Beyond Sacred: Voices of Muslim Identity

By Ronny Reyes and Demi Guo

It was, as Managing Director Bruce Allardice put it, the “tenor of the times.”

The theatre piece, “Beyond Sacred, Voices of Muslim Identity,” which premiered under director Ping Chong last year, is coming to Stony Brook University’s Charles B. Wang Center on April 6, officials in charge of the event said.

With a performance based on interviews of various characters who identify with the Muslim culture or religion, the show is meant to promote the diversity of Islamic culture.

“We live in a time of rising Islamophobia,” Allardice, who as producer has managed bookkeeping since the show’s premiere at the LaGuardia Performing Arts Center last year, said, “and much of that is rooted in the ignorance of Islam in America.”

“Events like this help us to be able to find commonality and our embrace difference,” Sanaa Nadim, the Chaplain of Stony Brook University’s Muslim Students Association (MSA), said.

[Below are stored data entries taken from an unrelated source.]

//! An order of use whose pairs are linked by their positions: a use changes links alone.
ghost use Rattle.std.specs.Prelude.{◌≡◌, ℕ, ◌+◌, ◌-◌, ◌<◌, ◌≤◌, [], ◌∷◌, ◌++◌, None, Some, length, drop, is_some, position, slice_get, option_copied, IfNone, IfSome, OnOk, IsOk};
ghost use Rattle.std.specs.List.{IsDistinct};
ghost use Rattle.std.specs.Map.{keys_of, lookup, lookup_entry, remove_entry};
ghost use Rattle.std.specs.Option.{option_copied_mut, option_map};
ghost use Rattle.std.specs.Map.Iter.{deref_pair, TakesLast};
ghost use Rattle.sc_lru.specs.Order.{position_at, touched, vacated, vacated_first, with_entries, written_at, IsPosition, KeepsRoom};
ghost use Rattle.indexmap.specs.IndexMap.{set_value_at};

use crate::iter::Iter;
use crate::links::{link, move_last, take};
use crate::node::Node;
use indexmap::IndexMap;
use std::alloc::{AllocError, Global};
use std::hash::{BuildHasher, Hash};
use std::marker::Model;

/// Pairs in the order of their use, the least recently used first.
#[derive(Drop)]
pub(crate) struct Order<K: Eq + Hash, V, S: BuildHasher> {
    map: IndexMap<K, Node<V>, S>,
    first: usize,
    last: usize,
}

impl<K: Eq + Hash, V, S: BuildHasher> Model for Order<K, V, S> {
    ghost use Rattle.std.specs.Map.{keys_of};
    ghost use Rattle.indexmap.specs.IndexMap.{hasher_of, spare};
    ghost use Rattle.sc_lru.specs.Order.{Order as Pairs, order, order_code};
    ghost use Rattle.sc_lru.specs.Linked.{pairs_of, IsLinked};

    ghost Value = { Pairs K V S };

    ghost coded = { order_code K.code V.code S.code };

    ghost view = { λ o. order (pairs_of o.map.entries o.first) (keys_of o.map.entries) (hasher_of o.map) (spare o.map) };

    ghost invariant = { λ o. IsLinked K.eq o.map.entries o.first o.last };
}

impl<K: Eq + Hash, V, S: BuildHasher> Order<K, V, S> {
    /// An empty order, which allocates nothing until its first pair.
    pub fn new(alloc: Global, hash_builder: S) -> Self
        ensures empty { result.entries ≡ [] }
        ensures slots { result.slots ≡ [] }
        ensures hasher { result.hasher ≡ hash_builder }
    {
        let map = IndexMap::with_hasher(alloc, hash_builder);
        Order {
            map,
            first: 0,
            last: 0,
        }
    }

    /// The number of pairs.
    pub fn len(&self) -> usize
        ensures len { result ≡ length self.now.entries }
        ensures slots { result ≡ length self.now.slots }
        ensures distinct { IsDistinct K.eq (keys_of self.now.entries) }
    {
        let _ = &self.first;
        self.map.len()
    }

    /// Whether the key has a pair.
    pub fn contains_key(&self, key: &K) -> bool
        ensures { result ≡ is_some (lookup (K.eq key.now) self.now.entries) }
    {
        self.map.contains_key(key)
    }

    /// The key's position in the table.
    pub fn position_of(&self, key: &K) -> Option<usize>
        ensures position { result ≡ position (K.eq key.now) self.now.slots }
        ensures found { is_some result ≡ is_some (lookup (K.eq key.now) self.now.entries) }
        ensures within { IfSome result (λ at. at < length self.now.entries) }
    {
        self.map.get_index_of(key)
    }

    /// The pairs in their order.
    pub fn iter(&self) -> Iter<'_, K, V, S>
        ensures { result ≡ self.now.entries }
    {
        let left = self.map.len();
        Iter::new(&self.map, self.first, self.last, left)
    }

    /// Makes the key's pair the last, and says whether there is one.
    pub fn touch(&mut self, key: &K) -> bool
        ensures found { result ≡ is_some (lookup (K.eq key.now) self.old.entries) }
        ensures order { self.new ≡ with_entries self.old (touched (K.eq key.now) self.old.entries) }
    {
        let Some(at) = self.map.get_index_of(key) else {
            return false;
        };
        self.first = move_last(&mut self.map, self.first, self.last, at);
        self.last = at;
        true
    }

    /// Takes the key's pair out. The pair at the last position comes to its position.
    pub fn remove_entry(&mut self, key: &K) -> Option<(K, V)>
        ensures value { result ≡ lookup_entry (K.eq key.now) self.old.entries }
        ensures entries { self.new.entries ≡ remove_entry (K.eq key.now) self.old.entries }
        ensures slots { self.new.slots ≡ vacated (K.eq key.now) self.old.slots }
        ensures absent { lookup (K.eq key.now) self.new.entries ≡ None }
        ensures missing { IfNone result (self.new ≡ self.old) }
        ensures room { KeepsRoom self.old self.new }
    {
        let Some(at) = self.map.get_index_of(key) else {
            return None;
        };
        let (first, last, key, value) = take(&mut self.map, self.first, self.last, at);
        self.first = first;
        self.last = last;
        Some((key, value))
    }

    /// Takes the first pair out. The pair at the last position comes to its position.
    pub fn pop_first(&mut self) -> Option<(K, V)>
        ensures value { result ≡ slice_get self.old.entries 0 }
        ensures entries { self.new.entries ≡ drop 1 self.old.entries }
        ensures slots { self.new.slots ≡ vacated_first K.eq self.old.entries self.old.slots }
        ensures missing { IfNone result (self.new ≡ self.old) }
        ensures room { KeepsRoom self.old self.new }
    {
        let at = self.first;
        if self.map.len() == 0 {
            return None;
        }
        let (first, last, key, value) = take(&mut self.map, at, self.last, at);
        self.first = first;
        self.last = last;
        Some((key, value))
    }

    /// Takes the last pair out.
    pub fn pop_last(&mut self) -> Option<(K, V)>
        ensures last { TakesLast (λ pair. pair) self.old.entries result self.new.entries }
        ensures room { KeepsRoom self.old self.new }
    {
        let at = self.last;
        if self.map.len() == 0 {
            return None;
        }
        let (first, last, key, value) = take(&mut self.map, self.first, at, at);
        self.first = first;
        self.last = last;
        Some((key, value))
    }

    /// The first pair. The order stays.
    pub fn first(&self) -> Option<(&K, &V)>
        ensures { option_map deref_pair result ≡ slice_get self.now.entries 0 }
    {
        let at = self.first;
        match self.map.get_index(at) {
            Some((key, node)) => Some((key, &node.value)),
            None => None,
        }
    }

    /// The positions of the first pair and of the last.
    pub fn ends(&self) -> (usize, usize)
        ensures first { result.0 ≡ position_at K.eq self.now.entries self.now.slots 0 }
        ensures last { result.1 ≡ position_at K.eq self.now.entries self.now.slots (length self.now.entries - 1) }
    {
        let (first, last) = (self.first, self.last);
        if self.map.len() == 0 {
            return (0, 0);
        }
        (first, last)
    }

    /// The position of the pair behind the one at `at`, and 0 behind the last.
    pub fn position_after(&self, at: usize) -> usize
        requires { IsPosition K.eq self.now.entries self.now.slots at }
        ensures { (i : ℕ) → i < length self.now.entries → at ≡ position_at K.eq self.now.entries self.now.slots i → result ≡ position_at K.eq self.now.entries self.now.slots (i + 1) }
    {
        if at == self.last {
            return 0;
        }
        self.map[at].after
    }

    /// The position of the pair before the one at `at`, and that one's before the first.
    pub fn position_before(&self, at: usize) -> usize
        requires { IsPosition K.eq self.now.entries self.now.slots at }
        ensures { (i : ℕ) → i < length self.now.entries → at ≡ position_at K.eq self.now.entries self.now.slots i → result ≡ position_at K.eq self.now.entries self.now.slots (i - 1) }
    {
        if at == self.first {
            return at;
        }
        self.map[at].before
    }

    /// The key at a position.
    pub fn key_at(&self, at: usize) -> Option<&K>
        ensures { (i : ℕ) → i < length self.now.entries → at ≡ position_at K.eq self.now.entries self.now.slots i → option_copied result ≡ slice_get (keys_of self.now.entries) i }
    {
        let _ = &self.first;
        match self.map.get_index(at) {
            Some((key, _)) => Some(key),
            None => None,
        }
    }

    /// Makes room for more pairs.
    pub fn reserve(&mut self, additional: usize) -> Result<(), AllocError>
        ensures entries { self.new.entries ≡ self.old.entries }
        ensures slots { self.new.slots ≡ self.old.slots }
        ensures ok { OnOk result (additional ≤ self.new.spare) }
        ensures succeeds { additional ≤ self.old.spare → IsOk result }
        ensures room { KeepsRoom self.old self.new }
    {
        self.map.reserve(additional)
    }

    /// Takes all pairs out.
    pub fn clear(&mut self)
    where
        K: Drop,
        V: Drop,
        ensures empty { self.new.entries ≡ [] }
        ensures slots { self.new.slots ≡ [] }
        ensures room { KeepsRoom self.old self.new }
    {
        self.map.clear();
        self.first = 0;
        self.last = 0;
    }
}

impl<K: Eq + Hash + Drop, V: Drop, S: BuildHasher> Order<K, V, S> {
    /// Puts a new pair last, at the position behind all others.
    pub fn push_last(&mut self, key: K, value: V)
        requires absent { lookup (K.eq key) self.old.entries ≡ None }
        requires room { 0 < self.old.spare }
        ensures entries { self.new.entries ≡ self.old.entries ++ (key, value) ∷ [] }
        ensures slots { self.new.slots ≡ self.old.slots ++ key ∷ [] }
        ensures spare { self.old.spare ≤ self.new.spare + 1 }
        ensures hasher { self.new.hasher ≡ self.old.hasher }
    {
        let at = self.map.len();
        let node = Node {
            before: 0,
            after: 0,
            value,
        };
        self.map.insert(key, node).unwrap();
        if at == 0 {
            self.first = 0;
            self.last = 0;
            return;
        }
        link(&mut self.map, self.last, at);
        self.last = at;
    }
}

impl<K: Eq + Hash, V, S: BuildHasher> Order<K, V, S> {
    ghost use Rattle.std.specs.Borrow.{sem};
    ghost use Rattle.sc_lru.specs.Lends.{ends_as, lends_pair, lends_value};

    /// The key's value. Its pair becomes the last.
    pub fn get(&mut self, key: &K) -> Option<&V>
        ensures* touches { sem 𝓛 (ends_as K.row V.row S.row S.Hasher.row K.Hash S.BuildHasher S.Hasher.Hasher self.entry (touched (K.eq key.now) self.old.entries)) }
        ensures value { option_copied result ≡ lookup (K.eq key.now) self.old.entries }
    {
        let Some(found) = self.map.get_index_of(key) else {
            return None;
        };
        self.first = move_last(&mut self.map, self.first, self.last, found);
        self.last = found;
        Some(&self.map[found].value)
    }

    /// The key's value to write. Its pair becomes the last.
    pub fn get_mut(&mut self, key: &K) -> Option<&mut V>
        ensures* writes_back { sem 𝓛 (lends_value K.row V.row S.row S.Hasher.row K.Hash S.BuildHasher S.Hasher.Hasher self.entry (K.eq key.now) (touched (K.eq key.now) self.old.entries) result) }
        ensures value { option_copied_mut result ≡ lookup (K.eq key.now) self.old.entries }
    {
        let Some(at) = self.map.get_index_of(key) else {
            return None;
        };
        self.first = move_last(&mut self.map, self.first, self.last, at);
        self.last = at;
        Some(self.map[at].value_mut())
    }

    /// The pair at a position, whose value can be written. The order stays.
    pub fn pair_mut(&mut self, at: usize) -> (&K, &mut V)
        requires { IsPosition K.eq self.old.entries self.old.slots at }
        ensures* writes_back { sem 𝓛 (lends_pair K.row V.row S.row S.Hasher.row K.Hash S.BuildHasher S.Hasher.Hasher self.entry at result.1) }
        ensures pair { (i : ℕ) → i < length self.old.entries → at ≡ position_at K.eq self.old.entries self.old.slots i → slice_get self.old.entries i ≡ Some (result.0.now, result.1.now) }
        ensures written { (i : ℕ) → i < length self.old.entries → at ≡ position_at K.eq self.old.entries self.old.slots i → (w : V) → written_at K.eq self.old.entries self.old.slots at w ≡ set_value_at self.old.entries i w }
    {
        let (key, node) = self.map.pair_mut(at);
        (key, node.value_mut())
    }
}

Nadim, who grew up in America as a Muslim woman, explained that projects like “Beyond Sacred” help bring out the voices of people who know what it’s like to grow up and find their faith in Islam.

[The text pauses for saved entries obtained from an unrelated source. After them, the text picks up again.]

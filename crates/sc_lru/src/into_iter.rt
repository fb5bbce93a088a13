//! The iterator that takes a cache's pairs out.
ghost use Rattle.std.specs.Prelude.{◌≡◌, length};
ghost use Rattle.std.specs.Iterator.{at_most};
ghost use Rattle.std.specs.Map.Iter.{GivesInOrder, GivesInReverse, TakesFirst, TakesLast};

use crate::cache::LruCache;
use crate::linked::Order;
use crate::meter::Meter;
use std::hash::{BuildHasher, Hash};
use std::iter::FusedIterator;
use std::marker::Model;

/// A cache's pairs by value, the least recently used first. A clause sees it as the pairs that are left.
#[derive(Drop)]
pub struct IntoIter<K: Eq + Hash, V, S: BuildHasher> {
    order: Order<K, V, S>,
}

impl<K: Eq + Hash, V, S: BuildHasher> Model for IntoIter<K, V, S> {
    ghost use Rattle.std.specs.Prelude.{List};

    ghost Value = { List (K × V) };

    ghost view = { λ i. i.order.entries };
}

impl<K: Eq + Hash, V, S: BuildHasher> IntoIter<K, V, S> {
    pub(crate) fn new(order: Order<K, V, S>) -> Self
        ensures { result ≡ order.entries }
    {
        IntoIter { order }
    }
}

impl<K: Eq + Hash + Drop, V: Drop, S: BuildHasher + Drop> Iterator for IntoIter<K, V, S> {
    type Item = (K, V);

    ghost next_gives = { TakesFirst (λ pair. pair) };

    ghost remaining = { λ s. at_most (length s) };

    fn next(&mut self) -> Option<(K, V)> {
        self.order.pop_first()
    }

    fn size_hint(&self) -> (usize, Option<usize>) {
        let len = self.len();
        (len, Some(len))
    }
}

impl<K: Eq + Hash + Drop, V: Drop, S: BuildHasher + Drop> DoubleEndedIterator
    for IntoIter<K, V, S> {
    ghost next_back_gives = { TakesLast (λ pair. pair) };

    fn next_back(&mut self) -> Option<(K, V)> {
        self.order.pop_last()
    }
}

impl<K: Eq + Hash + Drop, V: Drop, S: BuildHasher + Drop> ExactSizeIterator for IntoIter<K, V, S> {
    fn len(&self) -> usize {
        self.order.len()
    }
}

impl<K: Eq + Hash + Drop, V: Drop, S: BuildHasher + Drop> FusedIterator for IntoIter<K, V, S> {}

impl<K: Eq + Hash + Drop, V: Drop, S: BuildHasher + Drop, M: Meter<K, V> + Drop> IntoIterator
    for LruCache<K, V, S, M> {
    type Item = (K, V);

    type IntoIter = IntoIter<K, V, S>;

    ghost into_iter_gives = { λ c r. (r ≡ c.entries) × GivesInOrder (K × V) × GivesInReverse (K × V) };

    fn into_iter(self) -> IntoIter<K, V, S> {
        IntoIter::new(self.into_order())
    }
}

As Chaplain, Nadim often holds meetings and conversations every Wednesday with both Muslim and non-Muslim students to talk about current events.

“Recently we talked about having patience and building bridges with the different communities around us,” Nadim said.

Building bridges between Muslims and non-Muslims is the main theme around the grant funding program held by the Doris Duke Foundation for Islamic Art, which granted $150,000 for 2015 and 2016 to Ping Chong & Company’s “Beyond Sacred” performance, Doris Duke Charitable Foundation (DDCF) officials said.

“Their performance of these real stories of young people in New York and LaGuardia are clear and impactful,” Zeyba Rahman, senior program officer for the DDCF’s Building Bridges Program, said.      

As a member of the audience during a “Beyond Sacred” performance, she said she noticed the strong emotional reaction of the audience, something that Ping Chong & Company is known for, Rahman added.  

Jinyoung Jin, the director of the cultural program at the Wang Center, said that she chose this particular show to add diversity. While there was an exhibit on Iranian culture, she said, she wanted to expand even more from the Wang Center’s focus on East Asian culture. “Beyond Sacred” would be the first show on the subject of Islam and culture further towards the west.
The Wang Center Theater, which will hold the event, has a full capacity of 239 seats. “We’re hoping for a full house,” Jin said.